Kunduz University
- President: Abdul Hadi Hemat
- Location: Kunduz, Kunduz Province, Afghanistan 36°42′42″N 68°51′48″E﻿ / ﻿36.7117°N 68.8634°E
- Website: kundoz.edu.af

= Kunduz University =

University in Kunduz, Afghanistan

Kunduz University (پوهنتون قندوز, د کندز پوهنتون) is a public university in Kunduz, which is the capital of Kunduz Province in northeastern Afghanistan. It was established as a teacher training center in 1967, and became an institution of higher learning in 1994.
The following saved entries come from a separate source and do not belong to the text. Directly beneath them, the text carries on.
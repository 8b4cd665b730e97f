//! Numbers that may be larger than those of most commands.
ghost use Rattle.std.specs.Char.{IsAsciiDigit};
ghost use Rattle.std.specs.Option.{SomeIff};
ghost use Rattle.std.specs.Prelude.{◌≡◌, ◌+◌, ◌-◌, ◌*◌, ◌≤◌};
ghost use Rattle.prefix_patterns.specs.Reading.{number_in};

/// Reads a decimal number of at most `most`, as `prefix_patterns::read_number` reads one of 32 bits.
pub fn read_long(text: &[u8], most: u64) -> Option<u64>
    ensures { result ≡ number_in most text.now }
{
    if text.is_empty() {
        return None;
    }
    let mut value = 0;
    for byte in text {
        value = with_digit(value, *byte, most)?;
    }
    Some(value)
}

/// The number followed by one more digit, if the byte is a digit and the result is at most `most`.
fn with_digit(value: u64, byte: u8, most: u64) -> Option<u64>
    ensures { SomeIff result (IsAsciiDigit byte × (value * 10 + (byte - 48) ≤ most)) (value * 10 + (byte - 48)) }
{
    if !byte.is_ascii_digit() {
        return None;
    }
    let longer = u128::from(value) * 10 + u128::from(byte - b'0');
    if longer > u128::from(most) {
        return None;
    }
    Some(longer as u64)
}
Kunduz University which is one of top 11 universities of Afghanistan is a co-education institute. Since 2003 Kunduz University has offered more than 8,000 graduates, including 1,500 women.

== Faculties==
The following faculties are available at Kunduz University:
1. Sharia
2. General Medicine
3. Stomatology
4. Law and Political Science
5. Economics
6. Computer Science
7. Education
8. Veterinary Medicine
9. Agriculture

== Human rights symposiums ==
Kunduz University is also used for symposiums organized by UNAMA and other international organizations, such as “PROTECTING HUMAN RIGHTS IN AFGHANISTAN” in December 2019 in which more than 100 Kunduz students took part.